Does anyone know the status of the legalization of Medical Marijuana in NYS??


----------



## dam612 (Nov 14, 2010)

when pigs fly


----------



## thegersman (Nov 14, 2010)

dam612 said:


> when pigs fly


their own Lear Jets...


----------



## max316420 (Nov 14, 2010)

well those aren't very promising words......


----------



## researchkitty (Nov 14, 2010)

I believe that cultivation is just a misdemeanor in New York. That's pretty good for a grower, year?


----------



## dam612 (Nov 14, 2010)

researchkitty said:


> I believe that cultivation is just a misdemeanor in New York. That's pretty good for a grower, year?
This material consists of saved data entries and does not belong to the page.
//! A step of a deletion: it goes down to an item, and works on that.
ghost use Rattle.std.specs.Prelude.{◌≡◌, ◌<◌, ◌≤◌, false, IfNone, IfSome, true};
ghost use Rattle.delete_job.specs.Standing.{at_barrier, rank_at};
ghost use Rattle.delete_job.specs.Descending.{Enters, Meets};
ghost use Rattle.delete_job.specs.TreeDeletionSteps.{Advances, WorkSteps};

use crate::deletion::Deletion;
use crate::meeting::Met;
use job_reports::{Did, StepResult};
use job_unsynced::{Dirty, without_call};
use std::alloc::Global;
use tree_trait::Tree;

impl Deletion {
    /// Goes on up to something that is to be reported.
    pub fn work<T: Tree>(&mut self, alloc: Global, tree: &mut T, dirty: &mut Dirty) -> StepResult
        requires going { at_barrier self.old.stage ≡ false }
        ensures { WorkSteps self.old self.new result.did result.calls dirty.old dirty.new
            (T.contents tree.old) (T.contents tree.new) (T.fault_count tree.old) (T.fault_count tree.new) }
    {
        loop {
            if let Some(stepped) = self.advance(alloc, tree, dirty) {
                return stepped;
            }
        }
    }

    /// Goes into a folder, or does what is reported.
    fn advance<T: Tree>(
        &mut self,
        alloc: Global,
        tree: &mut T,
        dirty: &mut Dirty,
    ) -> Option<StepResult>
        requires going { at_barrier self.old.stage ≡ false }
        ensures { Advances self.old self.new result dirty.old dirty.new
            (T.contents tree.old) (T.contents tree.new) (T.fault_count tree.old) (T.fault_count tree.new) }
    {
        match self.meet(alloc, tree) {
            Ok(Met::Entered) => None,
            Ok(Met::Thing(path)) => Some(self.remove_thing(alloc, tree, dirty, path)),
            Ok(Met::End) => Some(self.end_folder(alloc, tree, dirty)),
            Err(trouble) => Some(without_call(Did::Troubled(trouble))),
        }
    }
}
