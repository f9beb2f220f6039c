//! The syncs of what was changed.
ghost use Rattle.delete_job.specs.TreeDeletionSteps.{LastSteps, SyncSteps};

use crate::deletion::Deletion;
use job_reports::{Did, Ending, LastStepResult, StepResult, out_of_memory};
use job_unsynced::{Dirty, ended, last_report, refused, tried, with_call, without_call};
use std::alloc::Global;
use tree_trait::Tree;

impl Deletion {
    /// Syncs a folder that was changed, or where there is none the deletion is finished.
    pub fn sync<T: Tree>(&self, alloc: Global, tree: &mut T, dirty: &mut Dirty) -> StepResult
        ensures { SyncSteps self.now result.did result.calls dirty.old dirty.new
            (T.contents tree.old) (T.contents tree.new) (T.fault_count tree.old) (T.fault_count tree.new) }
    {
        let Some(folder) = dirty.first_of(&self.folder, &self.path) else {
            return without_call(ended(Ending::Finished));
        };
        let Ok(folder) = folder.copy(alloc) else {
            return without_call(Did::Troubled(out_of_memory(true)));
        };
        match tree.sync_folder(alloc, &folder) {
            Ok(()) => {
                dirty.remove(&folder);
                with_call(Did::Barrier)
            }
            Err(error) => refused(error, folder, true),
        }
    }

    /// A last step of a job that is to end so: the next folder that was changed is tried once, from this
    /// one on; where there is none, it ends.
    pub fn try_next<T: Tree>(
        &self,
        alloc: Global,
        tree: &mut T,
        dirty: &mut Dirty,
        from: &mut usize,
        ending: Ending,
    ) -> LastStepResult
        ensures { LastSteps ending self.now from.old from.new result.did result.calls result.left
            dirty.old dirty.new
            (T.contents tree.old) (T.contents tree.new) (T.fault_count tree.old) (T.fault_count tree.new) }
    {
        let Some(at) = dirty.first_from(*from, &self.folder, &self.path) else {
            return last_report(ended(ending), None);
        };
        match tree.sync_folder(alloc, dirty.get(at)) {
            Ok(()) => {
                dirty.remove_at(at);
                *from = at;
                tried(Ok(()))
            }
            Err(error) => {
                *from = at + 1;
                tried(Err(error))
            }
        }
    }
}
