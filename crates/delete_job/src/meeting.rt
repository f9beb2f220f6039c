//! What a deletion meets next: looks and listings, up to something that is to be done.
ghost use Rattle.std.specs.Prelude.{◌≡◌, ◌≤◌, length};
ghost use Rattle.mc_text.specs.Routes.{spelled_route};
ghost use Rattle.job_reports.specs.Reading.{Peeks};
ghost use Rattle.delete_job.specs.Descending.{GoesInto, IsNext, Meets};

use crate::deletion::{Deletion, Depth};
use crate::looking::{Found, what_stands};
use job_reports::{Cause, Trouble, out_of_memory, trouble_with_path};
use mc_text::{Names, Path, PathError};
use std::alloc::Global;
use tree_trait::Tree;

/// What is met.
#[derive(Debug, Drop)]
pub enum Met {
    /// A folder, which was gone into.
    Entered,
    /// A thing that is no folder.
    Thing(Path),
    /// The end of a folder.
    End,
}

impl Deletion {
    /// Looks at what comes next; a folder is listed and gone into.
    pub(crate) fn meet<T: Tree>(&mut self, alloc: Global, tree: &mut T) -> Result<Met, Trouble>
        ensures meets { Meets (T.contents tree.old) self.old result self.new }
        ensures peeks { Peeks result (T.contents tree.old) (T.contents tree.new) (T.fault_count tree.old)
            (T.fault_count tree.new) }
    {
        match self.depth {
            Depth::Top => self.meet_top(alloc, tree),
            Depth::Inside => self.meet_next(alloc, tree),
        }
    }

    /// The thing that is deleted.
    fn meet_top<T: Tree>(&mut self, alloc: Global, tree: &mut T) -> Result<Met, Trouble>
        requires depth { self.old.depth ≡ Depth.Top }
        ensures meets { Meets (T.contents tree.old) self.old result self.new }
        ensures peeks { Peeks result (T.contents tree.old) (T.contents tree.new) (T.fault_count tree.old)
            (T.fault_count tree.new) }
    {
        let Ok(path) = self.path.copy(alloc) else {
            return Err(out_of_memory(false));
        };
        match what_stands(alloc, tree, &path) {
            Ok(Found::Thing) => Ok(Met::Thing(path)),
            Ok(Found::Folder(children)) => self.open(path, children.names),
            Err(trouble) => Err(trouble),
        }
    }

    /// What the next name leads to.
    fn meet_next<T: Tree>(&mut self, alloc: Global, tree: &mut T) -> Result<Met, Trouble>
        requires depth { self.old.depth ≡ Depth.Inside }
        ensures meets { Meets (T.contents tree.old) self.old result self.new }
        ensures peeks { Peeks result (T.contents tree.old) (T.contents tree.new) (T.fault_count tree.old)
            (T.fault_count tree.new) }
    {
        let Some(name) = self.walk.next_name() else {
            return Ok(Met::End);
        };
        match self.walk.folder().join(alloc, name) {
            Ok(path) => self.meet_below(alloc, tree, path),
            Err(PathError::TooLong(_)) => {
                Err(trouble_with_path(alloc, Cause::TooLong, self.walk.folder()))
            }
            Err(_) => Err(out_of_memory(false)),
        }
    }

    /// A thing in a folder, unless it lies too deep.
    fn meet_below<T: Tree>(
        &mut self,
        alloc: Global,
        tree: &mut T,
        path: Path,
    ) -> Result<Met, Trouble>
        requires depth { self.old.depth ≡ Depth.Inside }
        requires next { IsNext path self.old.walk.place }
        requires short { length (spelled_route path) ≤ 4096 }
        ensures meets { Meets (T.contents tree.old) self.old result self.new }
        ensures peeks { Peeks result (T.contents tree.old) (T.contents tree.new) (T.fault_count tree.old)
            (T.fault_count tree.new) }
    {
        if self.walk.is_deepest() {
            return Err(trouble_with_path(alloc, Cause::TooDeep, &path));
        }
        match what_stands(alloc, tree, &path) {
            Ok(Found::Thing) => Ok(Met::Thing(path)),
            Ok(Found::Folder(children)) => self.enter(path, children.names),
            Err(trouble) => Err(trouble),
        }
    }

    /// Goes into the folder that is deleted.
    fn open(&mut self, path: Path, names: Names) -> Result<Met, Trouble>
        requires depth { self.old.depth ≡ Depth.Top }
        ensures { GoesInto self.old path names result self.new }
    {
        self.walk.open(path, names);
        self.depth = Depth::Inside;
        Ok(Met::Entered)
    }

    /// Goes into a folder.
    fn enter(&mut self, path: Path, names: Names) -> Result<Met, Trouble>
        requires depth { self.old.depth ≡ Depth.Inside }
        requires deeper { 1 ≤ self.old.walk.place.left }
        requires some { 1 ≤ length self.old.walk.place.inner.names }
        ensures { GoesInto self.old path names result self.new }
    {
        let Ok(()) = self.walk.reserve() else {
            return Err(out_of_memory(false));
        };
        self.walk.enter(path, names);
        Ok(Met::Entered)
    }
}
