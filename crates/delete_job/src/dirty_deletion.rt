//! The deletion of a thing with all that lies in it, a name a step, by the machine beside: once each thing
//! is gone or was left, each folder that was changed is synced, and only then is it finished, so that a
//! finished deletion is on the disk.
ghost use Rattle.std.specs.Prelude.{◌≡◌, Some};
ghost use Rattle.mc_text.specs.Routes.{parent_of};
ghost use Rattle.job_reports.specs.Paths.{folder_of};
ghost use Rattle.delete_job.specs.Standing.{at_barrier, is_fresh};
ghost use Rattle.delete_job.specs.Deletions.{begun_deletion};
ghost use Rattle.delete_job.specs.DeletionSteps.{DeletionSkips, DeletionStep, LastDeletionStep, OrPassedOver};

use crate::deletion::Deletion;
use job_answers::Replies;
use job_reports::{Cause, Did, Ending, LastStepResult, StepResult};
use job_unsynced::Dirty;
use mc_text::Path;
use std::alloc::Global;
use std::marker::Model;
use tree_trait::Tree;

/// A deletion, and how many of the dirty folders its last steps have gone through.
#[derive(Debug, Drop)]
pub struct TreeDeletion {
    machine: Deletion,
    tried: usize,
}

impl Model for TreeDeletion {
    ghost use Rattle.std.specs.Prelude.{◌≡◌, Some};
    ghost use Rattle.mc_text.specs.Routes.{parent_of};
    ghost use Rattle.delete_job.specs.Inside.{IsInside};
    ghost use Rattle.delete_job.specs.Deletions.{Deleting};

    ghost Value = { Deleting };

    ghost view = { λ d. record {
      path = d.machine.path;
      stage = d.machine.stage;
      depth = d.machine.depth;
      place = d.machine.walk.place;
      tried = d.tried;
    } };

    ghost invariant = { λ d. (parent_of d.machine.path ≡ Some d.machine.folder) × IsInside d.machine };
}

impl TreeDeletion {
    /// A deletion of the thing at `path`, which lies in `folder`.
    pub fn new(alloc: Global, path: Path, folder: Path) -> TreeDeletion
        requires { parent_of path ≡ Some folder }
        ensures { result ≡ begun_deletion path }
    {
        TreeDeletion {
            machine: Deletion::new(alloc, path, folder),
            tried: 0,
        }
    }

    /// Does the next piece of work, which is at most one changing call of the tree. Where that is in a
    /// trouble of a kind that is skipped, by what was answered, it is passed over.
    pub fn step<T: Tree>(
        &mut self,
        alloc: Global,
        tree: &mut T,
        dirty: &mut Dirty,
        replies: Replies,
    ) -> StepResult
        ensures { DeletionStep replies self.old self.new result.did result.calls dirty.old dirty.new
            (T.contents tree.old)
            (T.contents tree.new) (T.fault_count tree.old) (T.fault_count tree.new) }
    {
        if self.machine.is_at_barrier() {
            self.machine.sync(alloc, tree, dirty)
        } else {
            let worked = self.machine.work(alloc, tree, dirty);
            or_passed_over(&mut self.machine, alloc, replies, worked)
        }
    }

    /// What is in trouble is not deleted.
    pub fn skip(&mut self, alloc: Global, cause: Cause) -> Did
        ensures { DeletionSkips cause self.old result self.new }
    {
        self.machine.skip(alloc, cause)
    }

    /// Makes the next of the last steps of a job that is to end so: each folder that may have
    /// been changed is tried once.
    pub fn wind_up<T: Tree>(
        &mut self,
        alloc: Global,
        tree: &mut T,
        ending: Ending,
        dirty: &mut Dirty,
    ) -> LastStepResult
        ensures { LastDeletionStep ending self.old self.new result.did result.calls result.left
            dirty.old dirty.new
            (T.contents tree.old) (T.contents tree.new) (T.fault_count tree.old) (T.fault_count tree.new) }
    {
        self.machine
            .try_next(alloc, tree, dirty, &mut self.tried, ending)
    }

    /// The thing that is deleted.
    pub fn path(&self) -> &Path
        ensures { result.now ≡ self.now.path }
    {
        &self.machine.path
    }

    /// The folder that holds it.
    pub fn folder(&self) -> &Path
        ensures { result.now ≡ folder_of self.now.path }
    {
        &self.machine.folder
    }

    /// Whether nothing was changed yet.
    pub fn is_fresh(&self) -> bool
        ensures { result ≡ is_fresh self.now.stage }
    {
        self.machine.is_fresh()
    }

    /// Whether the next call is at a barrier, where nothing can be skipped.
    pub fn is_at_barrier(&self) -> bool
        ensures { result ≡ at_barrier self.now.stage }
    {
        self.machine.is_at_barrier()
    }
}

/// What a step has worked, or what it is in trouble with is passed over, where troubles
/// of that kind are skipped.
fn or_passed_over(
    machine: &mut Deletion,
    alloc: Global,
    replies: Replies,
    worked: StepResult,
) -> StepResult
    ensures { OrPassedOver replies.skips worked machine.old machine.new result }
{
    match replies.skips().passed_cause(&worked.did) {
        None => worked,
        Some(cause) => StepResult {
            did: machine.skip(alloc, cause),
            calls: worked.calls,
        },
    }
}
that bs, get caught growing and they will snip your plants at the base, weigh the wet/full plant and charge you with the corresponding weight, My boy got "10lbs" of marijuana from plants that werent even flowering.... 10k bail, the DA said he was lucky it wasnt more. His first mess with the law so he just got fines and 3years probabtion, guess it coulda been worse but have some priors and your fucked...


----------



## researchkitty (Nov 14, 2010)

http://norml.org/index.cfm?wtm_view=&Group_ID=4554

I was right, but only when referring to small amounts. Under an ounce is a misdemeanor. That'd be a half of an auto flower lol............


----------



## SlickMick (Nov 14, 2010)

man fuck NY they are ridiculous. CA im considered a patient and in NY im considered a felon, b/s man. i gotta move to cali every so often. you should to.


----------



## max316420 (Nov 14, 2010)

dam612 said:


> that bs, get caught growing and they will snip your plants at the base, weigh the wet/full plant and charge you with the corresponding weight, My boy got "10lbs" of marijuana from plants that werent even flowering.... 10k bail, the DA said he was lucky it wasnt more. His first mess with the law so he just got fines and 3years probabtion, guess it coulda been worse but have some priors and your fucked...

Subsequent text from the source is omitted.